La sequía promete trocar las perspectivas de crecimiento económico en una dura caída. Y si a eso se suma el riesgo de una nueva crisis global, la misión del ministro de Economía podría verse obligada a mutar hacia un perfil más parecido a la gestión que también le tocó transitar desde otro lugar en la crisis 2008/2009. O, más acá en el tiempo, a la que se llevó adelante en 2020. Es decir, blindar la economía real de los efectos de un duro proceso recesivo. Algo que no va de la mano con compromisos de más ajuste en el gasto público.
El ministro de Producción de Santa Fe, Daniel Costamagna, se acercó a ese diagnóstico, cuando pidió al gobierno nacional “medidas excepcionales” para evitar la caída de empresas por la sequía “similares a las que se tomaron para sostener la producción durante la pandemia”. En aquel momento, el Estado volcó 7 puntos del PBI en aportes de todo tipo para contrarrestar los efectos de la cuarentena. Desde el pago de sueldos, hasta créditos blandos, diferimientos impositivos y aportes no reembolsables. Casi todo financiado con emisión monetaria porque, tras la crisis macrista, no había acceso al crédito.
Pero también hubo otras medidas en ese momento de pandemia, menos recordadas ahora, como el establecimiento de precios máximos y el congelamiento de alquileres y tarifas de servicios públicos, entre otras medidas para evitar la especulación. Aquel año en que la economía cayó casi 10%, la inflación de 2020 desacelerara del 54% al 36%.

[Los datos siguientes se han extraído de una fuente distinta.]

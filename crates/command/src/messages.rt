// Messages to layers.
ghost use Rattle.std.specs.Prelude.{◌≡◌, [], ◌∷◌};
ghost use Rattle.words.specs.Words.{words_of};
ghost use Rattle.command.specs.Messages.{bare_of, about_number_of, message_in};

use layers::Message;
use sector::Refusal;
use words::{next_word, numeral};

// A message that is one word.
fn bare(kind: &[u8]) -> Result<Message, Refusal>
    ensures { result ≡ bare_of kind.now }
{
    if kind == b"countbadblocks".as_slice() {
        Ok(Message::CountBadBlocks)
    } else if kind == b"clearbadblocks".as_slice() {
        Ok(Message::ClearBadBlocks)
    } else if kind == b"enable".as_slice() {
        Ok(Message::Enable)
    } else if kind == b"disable".as_slice() {
        Ok(Message::Disable)
    } else {
        Err(Refusal::BadTable)
    }
}

// A message about a block, or of some seconds.
fn about_number(kind: &[u8], number: u32) -> Result<Message, Refusal>
    ensures { result ≡ about_number_of kind.now number }
{
    if kind == b"addbadblock".as_slice() {
        Ok(Message::AddBadBlock(u64::from(number)))
    } else if kind == b"removebadblock".as_slice() {
        Ok(Message::RemoveBadBlock(u64::from(number)))
    } else if kind == b"queryblock".as_slice() {
        Ok(Message::QueryBlock(u64::from(number)))
    } else if kind == b"tick".as_slice() {
        Ok(Message::Tick(number))
    } else {
        Err(Refusal::BadTable)
    }
}

// A message of two words, the second a number.
fn about(kind: &[u8], number: &[u8]) -> Result<Message, Refusal>
    ensures { result ≡ message_in (kind.now ∷ number.now ∷ []) }
{
    let number = numeral(number)?;
    about_number(kind, number)
}

/// The message that the words of a text say. `BadTable` for words that are none.
pub fn message_in(text: &[u8]) -> Result<Message, Refusal>
    ensures { result ≡ message_in (words_of text.now) }
{
    let Some((kind, rest)) = next_word(text) else {
        return Err(Refusal::BadTable);
    };
    let Some((number, rest)) = next_word(rest) else {
        return bare(kind);
    };
    if next_word(rest).is_some() {
        return Err(Refusal::BadTable);
    }
    about(kind, number)
}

Lo que pasó después de esa crisis pandémica es otra historia. Lo cierto es que Massa, que vino a reparar los efectos de la pelea política oficialista sobre la economía con una suerte de plan de estabilización, recibió un mazazo hace unos días con el dato de inflación del mes de febrero, que fue del 6,6%. El escenario de crisis subió de nivel y la política del aterrizaje suave y la paritaria permanente con los distintos grupos de presión económica encuentra su límite. La sequía y la caja de pandora que se abrió con la quiebra del Silicon Valley Bank probablemente obliguen a un cambio en la estrategia.